Exercise prompt: Count the lines of the listing below where "static" shows up, and please answer with that number only.
=== Section Start ===
static STORED: [Stored; 5] = [
    Stored {
        before: "scalardb report 1\nevents 0\norder 0\ntables 0\nend\n",
        json: BOTH,
        places: &[("shop", "other")],
        answer: "created bank.account\ncreated coordinator.state\ncreated shop.orders\n",
        after: "scalardb report 1\nevents 1\n1 call 1 s scan scalardb.metadata seen rows 3 scalardb.metadata('bank.account'){definition='{\"clustering-key\":[],\"columns\":{\"balance\":\"INT\",\"id\":\"INT\"},\"partition-key\":[\"id\"],\"secondary-index\":[]}',store='ordered',tx_id='00000000-0000-0000-0000-000000000001',tx_state=3} scalardb.metadata('coordinator.state'){definition='{\"clustering-key\":[],\"columns\":{\"tx_created_at\":\"BIGINT\",\"tx_id\":\"TEXT\",\"tx_state\":\"INT\"},\"partition-key\":[\"tx_id\"],\"secondary-index\":[]}',store='ordered',tx_id='00000000-0000-0000-0000-000000000001',tx_state=3} scalardb.metadata('shop.orders'){definition='{\"clustering-key\":[\"placed DESC\",\"line ASC\"],\"columns\":{\"customer\":\"TEXT\",\"line\":\"INT\",\"paid\":\"BOOLEAN\",\"placed\":\"BIGINT\",\"scan\":\"BLOB\"},\"partition-key\":[\"customer\"],\"secondary-index\":[\"paid\"]}',store='other',tx_id='00000000-0000-0000-0000-000000000001',tx_state=3} -\norder 0\ntables 0\nend\n",
    },
    Stored {
        before: "scalardb report 1\nevents 2\n1 call 1 s put scalardb.metadata('bank.account'){definition='{\"clustering-key\":[],\"columns\":{\"balance\":\"INT\",\"id\":\"INT\"},\"partition-key\":[\"id\"],\"secondary-index\":[]}',store='ordered',tx_id='00000000-0000-0000-0000-000000000001',tx_state=3} if absent seen applied -\n2 call 1 s put scalardb.metadata('shop.orders'){definition='{\"clustering-key\":[\"placed DESC\",\"line ASC\"],\"columns\":{\"customer\":\"TEXT\",\"line\":\"INT\",\"paid\":\"BOOLEAN\",\"placed\":\"BIGINT\",\"scan\":\"BLOB\"},\"partition-key\":[\"customer\"],\"secondary-index\":[\"paid\"]}',store='other',tx_id='00000000-0000-0000-0000-000000000001',tx_state=3} if absent seen applied -\norder 0\ntables 0\nend\n",
        json: BOTH,
        places: &[],
        answer: "exists bank.account\ncreated coordinator.state\nexists shop.orders\n",
        after: "scalardb report 1\nevents 1\n1 call 1 s scan scalardb.metadata seen rows 3 scalardb.metadata('bank.account'){definition='{\"clustering-key\":[],\"columns\":{\"balance\":\"INT\",\"id\":\"INT\"},\"partition-key\":[\"id\"],\"secondary-index\":[]}',store='ordered',tx_id='00000000-0000-0000-0000-000000000001',tx_state=3} scalardb.metadata('coordinator.state'){definition='{\"clustering-key\":[],\"columns\":{\"tx_created_at\":\"BIGINT\",\"tx_id\":\"TEXT\",\"tx_state\":\"INT\"},\"partition-key\":[\"tx_id\"],\"secondary-index\":[]}',store='ordered',tx_id='00000000-0000-0000-0000-000000000001',tx_state=3} scalardb.metadata('shop.orders'){definition='{\"clustering-key\":[\"placed DESC\",\"line ASC\"],\"columns\":{\"customer\":\"TEXT\",\"line\":\"INT\",\"paid\":\"BOOLEAN\",\"placed\":\"BIGINT\",\"scan\":\"BLOB\"},\"partition-key\":[\"customer\"],\"secondary-index\":[\"paid\"]}',store='other',tx_id='00000000-0000-0000-0000-000000000001',tx_state=3} -\norder 0\ntables 0\nend\n",
    },
    // Another definition stays, and a table that the schema lacks too.
    Stored {
        before: "scalardb report 1\nevents 3\n1 call 1 s put scalardb.metadata('bank.account'){definition='{\"clustering-key\":[],\"columns\":{\"balance\":\"INT\",\"id\":\"INT\"},\"partition-key\":[\"id\"],\"secondary-index\":[]}',store='other',tx_id='00000000-0000-0000-0000-000000000002',tx_state=3} if absent seen applied -\n2 call 1 s put scalardb.metadata('coordinator.state'){definition='{\"clustering-key\":[],\"columns\":{\"tx_created_at\":\"BIGINT\",\"tx_id\":\"TEXT\",\"tx_state\":\"INT\"},\"partition-key\":[\"tx_id\"],\"secondary-index\":[]}',store='ordered',tx_id='00000000-0000-0000-0000-000000000001',tx_state=3} if absent seen applied -\n3 call 1 s put scalardb.metadata('shop.orders'){definition='{\"clustering-key\":[\"placed DESC\",\"line ASC\"],\"columns\":{\"customer\":\"TEXT\",\"line\":\"INT\",\"paid\":\"BOOLEAN\",\"placed\":\"BIGINT\",\"scan\":\"BLOB\"},\"partition-key\":[\"customer\"],\"secondary-index\":[\"paid\"]}',store='other',tx_id='00000000-0000-0000-0000-000000000001',tx_state=3} if absent seen applied -\norder 0\ntables 0\nend\n",
        json: "{\"bank.account\":{\"partition-key\":[\"id\"],\"columns\":{\"id\":\"INT\"}}}",
        places: &[],
        answer: "differs bank.account\nexists coordinator.state\n",
        after: "scalardb report 1\nevents 1\n1 call 1 s scan scalardb.metadata seen rows 3 scalardb.metadata('bank.account'){definition='{\"clustering-key\":[],\"columns\":{\"balance\":\"INT\",\"id\":\"INT\"},\"partition-key\":[\"id\"],\"secondary-index\":[]}',store='other',tx_id='00000000-0000-0000-0000-000000000002',tx_state=3} scalardb.metadata('coordinator.state'){definition='{\"clustering-key\":[],\"columns\":{\"tx_created_at\":\"BIGINT\",\"tx_id\":\"TEXT\",\"tx_state\":\"INT\"},\"partition-key\":[\"tx_id\"],\"secondary-index\":[]}',store='ordered',tx_id='00000000-0000-0000-0000-000000000001',tx_state=3} scalardb.metadata('shop.orders'){definition='{\"clustering-key\":[\"placed DESC\",\"line ASC\"],\"columns\":{\"customer\":\"TEXT\",\"line\":\"INT\",\"paid\":\"BOOLEAN\",\"placed\":\"BIGINT\",\"scan\":\"BLOB\"},\"partition-key\":[\"customer\"],\"secondary-index\":[\"paid\"]}',store='other',tx_id='00000000-0000-0000-0000-000000000001',tx_state=3} -\norder 0\ntables 0\nend\n",
    },
    // A namespace keeps its store, whatever its place.
    Stored {
        before: "scalardb report 1\nevents 1\n1 call 1 s put scalardb.metadata('shop.orders'){definition='{\"clustering-key\":[\"placed DESC\",\"line ASC\"],\"columns\":{\"customer\":\"TEXT\",\"line\":\"INT\",\"paid\":\"BOOLEAN\",\"placed\":\"BIGINT\",\"scan\":\"BLOB\"},\"partition-key\":[\"customer\"],\"secondary-index\":[\"paid\"]}',store='other',tx_id='00000000-0000-0000-0000-000000000001',tx_state=3} if absent seen applied -\norder 0\ntables 0\nend\n",
        json: "{\"shop.tag\":{\"partition-key\":[\"t\"],\"columns\":{\"t\":\"TEXT\"}}}",
        places: &[("shop", "ordered")],
        answer: "created coordinator.state\ncreated shop.tag\n",
        after: "scalardb report 1\nevents 1\n1 call 1 s scan scalardb.metadata seen rows 3 scalardb.metadata('coordinator.state'){definition='{\"clustering-key\":[],\"columns\":{\"tx_created_at\":\"BIGINT\",\"tx_id\":\"TEXT\",\"tx_state\":\"INT\"},\"partition-key\":[\"tx_id\"],\"secondary-index\":[]}',store='ordered',tx_id='00000000-0000-0000-0000-000000000001',tx_state=3} scalardb.metadata('shop.orders'){definition='{\"clustering-key\":[\"placed DESC\",\"line ASC\"],\"columns\":{\"customer\":\"TEXT\",\"line\":\"INT\",\"paid\":\"BOOLEAN\",\"placed\":\"BIGINT\",\"scan\":\"BLOB\"},\"partition-key\":[\"customer\"],\"secondary-index\":[\"paid\"]}',store='other',tx_id='00000000-0000-0000-0000-000000000001',tx_state=3} scalardb.metadata('shop.tag'){definition='{\"clustering-key\":[],\"columns\":{\"t\":\"TEXT\"},\"partition-key\":[\"t\"],\"secondary-index\":[]}',store='other',tx_id='00000000-0000-0000-0000-000000000001',tx_state=3} -\norder 0\ntables 0\nend\n",
    },
    Stored {
        before: "scalardb report 1\nevents 0\norder 0\ntables 0\nend\n",
        json: "{}",
        places: &[],
        answer: "created coordinator.state\n",
        after: "scalardb report 1\nevents 1\n1 call 1 s scan scalardb.metadata seen rows 1 scalardb.metadata('coordinator.state'){definition='{\"clustering-key\":[],\"columns\":{\"tx_created_at\":\"BIGINT\",\"tx_id\":\"TEXT\",\"tx_state\":\"INT\"},\"partition-key\":[\"tx_id\"],\"secondary-index\":[]}',store='ordered',tx_id='00000000-0000-0000-0000-000000000001',tx_state=3} -\norder 0\ntables 0\nend\n",
    },
];

#[test]
fn catalogs_are_written_as_rows(rt: HostRuntime) -> Result<(), Fail> {
    all_cases(rt.alloc(), "stored", STORED.as_slice())
}

// What is asked of stores.
#[derive(Clone, Copy)]
enum Ask {
    // What rows open as: the names of each table, and its store.
    Opened(&'static str, &'static [(&'static str, &'static str, &'static str)]),
    // What is read back is what was written.
    ReadBack,
    // 64 tables are written, and the 65th isn't; its row, put by somebody else, is a bad one.
    Full(&'static str, &'static str),
    // A catalog is not written, and these rows are there.
    Failed(&'static str),
    // Over these rows a catalog is not written, since the row of this key is bad, and nothing has changed.
    Unwritten(&'static str, &'static str, &'static str),
}

// The calls at which the first store fails, and what is asked.
#[derive(Clone, Copy)]
struct Check(&'static [Failing], Ask);

fn is_placed(stores: &Stores, name: &TableName, store: &str) -> bool {
    stores.len() != 0 && stores.store_of(name).as_str() == store
}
=== Section End ===
Solution to this problem: 6